(Collected data)

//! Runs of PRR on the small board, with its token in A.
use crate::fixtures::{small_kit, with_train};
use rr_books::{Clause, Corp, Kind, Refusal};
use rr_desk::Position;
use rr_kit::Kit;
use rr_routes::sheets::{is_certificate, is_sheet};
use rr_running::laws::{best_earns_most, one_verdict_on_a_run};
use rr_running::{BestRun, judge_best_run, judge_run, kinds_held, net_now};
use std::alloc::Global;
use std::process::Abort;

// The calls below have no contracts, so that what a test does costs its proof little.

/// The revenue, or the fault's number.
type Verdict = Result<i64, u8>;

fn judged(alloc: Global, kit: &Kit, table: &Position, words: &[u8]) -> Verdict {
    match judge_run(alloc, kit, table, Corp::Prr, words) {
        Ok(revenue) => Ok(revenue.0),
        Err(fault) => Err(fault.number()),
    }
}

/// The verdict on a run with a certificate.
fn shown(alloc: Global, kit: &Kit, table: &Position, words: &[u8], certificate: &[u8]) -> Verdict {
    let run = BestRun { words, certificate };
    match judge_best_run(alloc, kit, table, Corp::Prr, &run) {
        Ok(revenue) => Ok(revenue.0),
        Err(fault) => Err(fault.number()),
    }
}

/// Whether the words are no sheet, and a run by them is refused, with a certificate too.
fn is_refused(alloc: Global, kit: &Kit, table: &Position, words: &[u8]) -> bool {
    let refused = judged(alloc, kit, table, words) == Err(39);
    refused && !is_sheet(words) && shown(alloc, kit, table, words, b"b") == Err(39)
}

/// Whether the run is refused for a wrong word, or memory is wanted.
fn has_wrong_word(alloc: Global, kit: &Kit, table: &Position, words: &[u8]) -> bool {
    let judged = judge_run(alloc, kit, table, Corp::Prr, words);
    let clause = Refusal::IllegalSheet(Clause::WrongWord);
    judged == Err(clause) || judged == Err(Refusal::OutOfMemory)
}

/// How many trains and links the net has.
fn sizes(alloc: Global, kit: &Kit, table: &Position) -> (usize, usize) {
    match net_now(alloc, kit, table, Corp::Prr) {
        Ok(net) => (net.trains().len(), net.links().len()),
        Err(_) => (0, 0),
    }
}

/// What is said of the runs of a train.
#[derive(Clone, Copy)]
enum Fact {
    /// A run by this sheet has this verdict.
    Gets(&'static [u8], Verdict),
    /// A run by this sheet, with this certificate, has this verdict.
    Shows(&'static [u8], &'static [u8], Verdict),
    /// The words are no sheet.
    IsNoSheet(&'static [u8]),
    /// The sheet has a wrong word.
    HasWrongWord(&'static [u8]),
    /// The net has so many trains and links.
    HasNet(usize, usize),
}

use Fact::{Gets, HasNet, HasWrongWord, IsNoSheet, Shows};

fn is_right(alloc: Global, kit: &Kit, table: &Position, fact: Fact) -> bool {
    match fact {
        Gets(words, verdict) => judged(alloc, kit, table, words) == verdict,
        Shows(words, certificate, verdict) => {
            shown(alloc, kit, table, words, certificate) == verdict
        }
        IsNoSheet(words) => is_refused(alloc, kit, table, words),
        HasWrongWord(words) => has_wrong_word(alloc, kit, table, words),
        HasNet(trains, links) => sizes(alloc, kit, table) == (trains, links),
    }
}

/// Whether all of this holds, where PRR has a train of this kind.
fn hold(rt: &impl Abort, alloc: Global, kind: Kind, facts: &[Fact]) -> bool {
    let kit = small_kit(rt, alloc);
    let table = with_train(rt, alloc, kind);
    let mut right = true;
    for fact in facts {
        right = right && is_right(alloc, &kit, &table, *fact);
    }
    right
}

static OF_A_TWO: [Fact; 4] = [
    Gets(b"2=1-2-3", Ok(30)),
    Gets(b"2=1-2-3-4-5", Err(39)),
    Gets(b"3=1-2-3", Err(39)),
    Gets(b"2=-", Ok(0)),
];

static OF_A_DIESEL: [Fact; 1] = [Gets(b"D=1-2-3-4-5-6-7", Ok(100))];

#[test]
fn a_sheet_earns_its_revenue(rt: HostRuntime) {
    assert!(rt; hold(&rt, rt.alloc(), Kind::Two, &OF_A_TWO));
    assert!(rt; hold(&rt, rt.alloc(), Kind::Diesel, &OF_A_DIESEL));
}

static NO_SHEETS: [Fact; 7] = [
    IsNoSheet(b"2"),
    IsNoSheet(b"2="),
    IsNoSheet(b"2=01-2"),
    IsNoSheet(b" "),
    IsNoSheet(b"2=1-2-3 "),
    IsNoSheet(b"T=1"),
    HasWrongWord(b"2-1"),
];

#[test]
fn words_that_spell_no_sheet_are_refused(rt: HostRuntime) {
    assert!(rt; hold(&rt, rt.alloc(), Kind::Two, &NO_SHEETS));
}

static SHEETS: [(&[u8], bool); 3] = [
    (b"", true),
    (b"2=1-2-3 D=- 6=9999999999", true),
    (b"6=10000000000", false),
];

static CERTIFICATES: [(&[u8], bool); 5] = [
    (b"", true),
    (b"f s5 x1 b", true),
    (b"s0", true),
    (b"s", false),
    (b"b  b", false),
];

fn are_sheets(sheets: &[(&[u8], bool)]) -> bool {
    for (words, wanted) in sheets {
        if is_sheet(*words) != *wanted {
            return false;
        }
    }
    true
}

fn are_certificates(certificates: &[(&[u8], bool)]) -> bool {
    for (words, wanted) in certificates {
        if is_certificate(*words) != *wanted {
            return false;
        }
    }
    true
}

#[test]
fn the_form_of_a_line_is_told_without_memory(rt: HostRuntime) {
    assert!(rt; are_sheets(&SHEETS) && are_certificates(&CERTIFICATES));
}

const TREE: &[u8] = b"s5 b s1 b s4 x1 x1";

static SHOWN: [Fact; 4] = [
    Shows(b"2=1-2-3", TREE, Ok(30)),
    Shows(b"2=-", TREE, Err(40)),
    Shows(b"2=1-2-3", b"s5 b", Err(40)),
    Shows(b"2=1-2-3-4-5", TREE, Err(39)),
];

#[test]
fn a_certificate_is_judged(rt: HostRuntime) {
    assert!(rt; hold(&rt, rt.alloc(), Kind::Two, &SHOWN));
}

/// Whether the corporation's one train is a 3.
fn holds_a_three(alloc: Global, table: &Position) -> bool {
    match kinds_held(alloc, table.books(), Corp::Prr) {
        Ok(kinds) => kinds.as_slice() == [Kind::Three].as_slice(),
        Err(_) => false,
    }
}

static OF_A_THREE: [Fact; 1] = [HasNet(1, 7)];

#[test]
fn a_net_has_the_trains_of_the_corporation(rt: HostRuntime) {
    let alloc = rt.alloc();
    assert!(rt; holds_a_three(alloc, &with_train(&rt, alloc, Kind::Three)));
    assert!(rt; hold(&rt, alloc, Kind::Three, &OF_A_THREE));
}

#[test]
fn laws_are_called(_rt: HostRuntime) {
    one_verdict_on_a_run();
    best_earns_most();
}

Task instructions — A complete answer lists each line of the data that holds the word "sizes".

Answer space —
fn sizes(alloc: Global, kit: &Kit, table: &Position) -> (usize, usize) {
        HasNet(trains, links) => sizes(alloc, kit, table) == (trains, links),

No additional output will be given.